Setuid And Setgid Bits

chmod clears the set-group-ID bit of a regular file if the file’s group ID does not match the user’s effective group ID or one of the user’s supplementary group IDs, unless the user has appropriate privileges. Additional restrictions may cause the set-user-ID and set-group-ID bits of MODE or RFILE to be ignored. This behavior depends on the policy and functionality of the underlying chmod system call. When in doubt, check the underlying system behavior.

chmod preserves a directory’s set-user-ID and set-group-ID bits unless you explicitly specify otherwise. You can set or clear the bits with symbolic modes like u+s and g-s, and you can set (but not clear) the bits with a numeric mode.

Restricted Deletion Flag (or “Sticky Bit”)

The restricted deletion flag or sticky bit is a single bit, whose interpretation depends on the file type. For directories, it prevents unprivileged users from removing or renaming a file in the directory unless they own the file or the directory; this is called the restricted deletion flag for the directory, and is commonly found on world-writable directories like /tmp. For regular files on some older systems, the bit saves the program’s text image on the swap device so it will load more quickly when run; this is called the sticky bit.

chmod examples

chmod 644 file.htm

Set the permissions of file.htm to “owner can read and write; group can read only; others can read only”.

chmod u=rw example.jpg

Change the permissions for the owner of example.jpg so that the owner may read and write the file. Do not change the permissions for the group, or for others.

chmod u+s comphope.txt

Set the “Set-User-ID” bit of comphope.txt, so that anyone who attempts to access that file does so as if they are the owner of the file.

chmod u-s comphope.txt

The opposite of the above command; un-sets the SUID bit.

chmod 755 file.cgi

Set the permissions of file.cgi to “read, write, and execute by owner” and “read and execute by the group and everyone else”.

chmod 666 file.txt

Set the permission of file.txt to “read and write by everyone.”.

chmod a=rw file.txt

Accomplishes the same thing as the above command, using symbolic notation.
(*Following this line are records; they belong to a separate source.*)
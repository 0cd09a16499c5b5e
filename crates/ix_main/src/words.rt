//! The words that a call knows.
ghost use Rattle.std.specs.Prelude.{◌≡◌, ◌↔◌, ◌∷◌, [], None, Some, IsTrue};
ghost use Rattle.ix_main.specs.Words.{HaveForm, check_words, replay_words};

use ix_types::Seq;

/// What words ask for.
#[derive(Clone, Copy, Debug, Drop, PartialEq, Eq)]
pub(crate) enum Form {
    /// A script is read, replayed over the directory, and its transcript written.
    Replay,
    /// What opening the store would find is written.
    Check,
}

/// What the words ask for, where the call knows them.
pub(crate) fn form_of(words: &Seq<Seq<u8>>) -> Option<Form>
    ensures replay { (result ≡ Some Form.Replay) ↔ (words.now ≡ replay_words) }
    ensures check { (result ≡ Some Form.Check) ↔ (words.now ≡ check_words) }
    ensures none { result ≡ None → ¬ HaveForm words.now }
{
    if is_alone(words, b"replay") {
        Some(Form::Replay)
    } else if is_alone(words, b"check") {
        Some(Form::Check)
    } else {
        None
    }
}

/// Whether there is one word, and it is this one.
fn is_alone(words: &Seq<Seq<u8>>, wanted: &[u8]) -> bool
    ensures { IsTrue result ↔ (words.now ≡ wanted.now ∷ []) }
{
    match words.as_slice() {
        [word] => is_word(word, wanted),
        _ => false,
    }
}

/// Whether the word is this one.
fn is_word(word: &Seq<u8>, wanted: &[u8]) -> bool
    ensures { IsTrue result ↔ (word.now ≡ wanted.now) }
{
    word.as_slice() == wanted
}
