/// Ends the copy of an image, which must be a file of its planned version, and has it stored with others.
#[tactic(auto, using(dd_files::proofs::KeptFiles::said_ended, dd_files::proofs::KeptFiles::said_is))]
fn end_copy<F: Files + Progress, O: Origins>(
    alloc: Global,
    image: &Image<'_, O>,
    filed: Filed,
    files: &mut F,
) -> Result<(), Refusal>
    requires { O.number image.now.pick < O.count image.now.origins.now }
    ensures refusal { IfErr result (IsOfWork (O.paths image.now.origins.now)) }
    ensures planned { IsOk result → filed ≡ Filed.AsPlanned }
    ensures ended { IsOk result → F.held files.new ≡ option_map ended (F.held files.old) }
    ensures adds { IfSaid (Adds (IsImagePath image.now.folder.now))
        (F.held files.old) (F.held files.new) }
    ensures due { IfErr result (λ refusal.
        IsDueTo F.In.Read (F.refusals files.new) (F.Write.failures files.new) refusal.fault) }
    ensures counts { IsOk result → HasCounted (F.refusals files.old)
        → HasCounted (F.refusals files.new) }
    ensures changed { IfErr result (λ refusal. IfChanged (filed ≢ Filed.AsPlanned) refusal.fault) }
{
    if files.finish().is_err() {
        return Err(Refusal::of(Subject::Image(image.file), ProgramFault::Unsent));
    }
    accept(alloc, image, filed)?;
    files.advance();
    store_batch(files)
}

/// Refuses a copy that is not a file of the planned version. Where it is of a version with another digest, the
/// refusal names the file that was copied. Else it names the file whose record says what the plan says.
fn accept<O: Origins>(alloc: Global, image: &Image<'_, O>, filed: Filed) -> Result<(), Refusal>
    requires { O.number image.now.pick < O.count image.now.origins.now }
    ensures refusal { IfErr result (IsOfWork (O.paths image.now.origins.now)) }
    ensures planned { IsOk result → filed ≡ Filed.AsPlanned }
    ensures refused { IfErr result (IsRefusedAs filed
        (O.is_subject image.now.origins.now image.now.pick)
        (O.is_claimant image.now.origins.now image.now.pick image.now.planned.now)) }
    ensures changed { IfErr result (λ _. filed ≢ Filed.AsPlanned) }
{
    let Image {
        planned,
        origins,
        pick,
        ..
    } = *image;
    let subject = match filed {
        Filed::AsPlanned => return Ok(()),
        Filed::OtherVersion => origins.subject(pick),
        Filed::Mislabelled => origins.claimant(alloc, pick, planned)?,
    };
    Err(Refusal::of(subject, ProgramFault::Changed))
}

/// Makes the refusal of a fault of a copy to this File ID. `origin` names the file that was copied.
fn refusal_of(fault: FilingFault, file: FileId, origin: Subject) -> Refusal
    ensures memory { fault ≡ FilingFault.Memory → IsMemory result }
    ensures unread { fault ≡ FilingFault.Unread
        → result ≡ record { subject = origin; fault = ProgramFault.Unread } }
    ensures changed { fault ≡ FilingFault.Changed
        → result ≡ record { subject = origin; fault = ProgramFault.Changed } }
    ensures unsent { fault ≡ FilingFault.Unsent
        → result ≡ record { subject = Subject.Image file; fault = ProgramFault.Unsent } }
    ensures work { (paths : ℕ) → IsAmong paths origin → IsOfWork paths result }
    ensures why { IfChanged (fault ≡ FilingFault.Changed) result.fault }
{
    match fault {
        FilingFault::Memory => Refusal::memory(),
        FilingFault::Unread => Refusal::of(origin, ProgramFault::Unread),
        FilingFault::Changed => Refusal::of(origin, ProgramFault::Changed),
        FilingFault::Unsent => Refusal::of(Subject::Image(file), ProgramFault::Unsent),
    }
}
Viewing Permissions in The File Listing

A quick and easy way to list a file’s permissions are with the long listing (-l) option of the ls command. For example, to view the permissions of file.txt, you could use the command:

ls -l file.txt

…which will display output that looks like the following:

-rwxrw-r-- 1   hope   hopestaff  123   Feb 03 15:36   file.txt

Here’s what each part of this information means:

The first character represents the file type: “” for a regular file, “d” for a directory, “l” for a symbolic link.
rwx The next three characters represent the permissions for the file’s owner: in this case, the owner may read from, write to, and/or execute the file.
rw- The next three characters represent the permissions for members of the group that the file belongs to. In this case, any member of the file’s owning group may read from or write to the file. The final dash is a placeholder; group members do not have permission to execute this file.
r– The permissions for “others” (everyone else). Others may only read this file.
1 The number of hard links to this file.
hope The file’s owner.
hopestaff The group to whom the file belongs.
123 The size of the file in blocks.
Feb 03 15:36 The file’s mtime (date and time when the file was last modified).
file.txt The name of the file.

chown — Change the ownership of files or directories.
getfacl — Display file access control lists.
ls — List the contents of a directory or directories.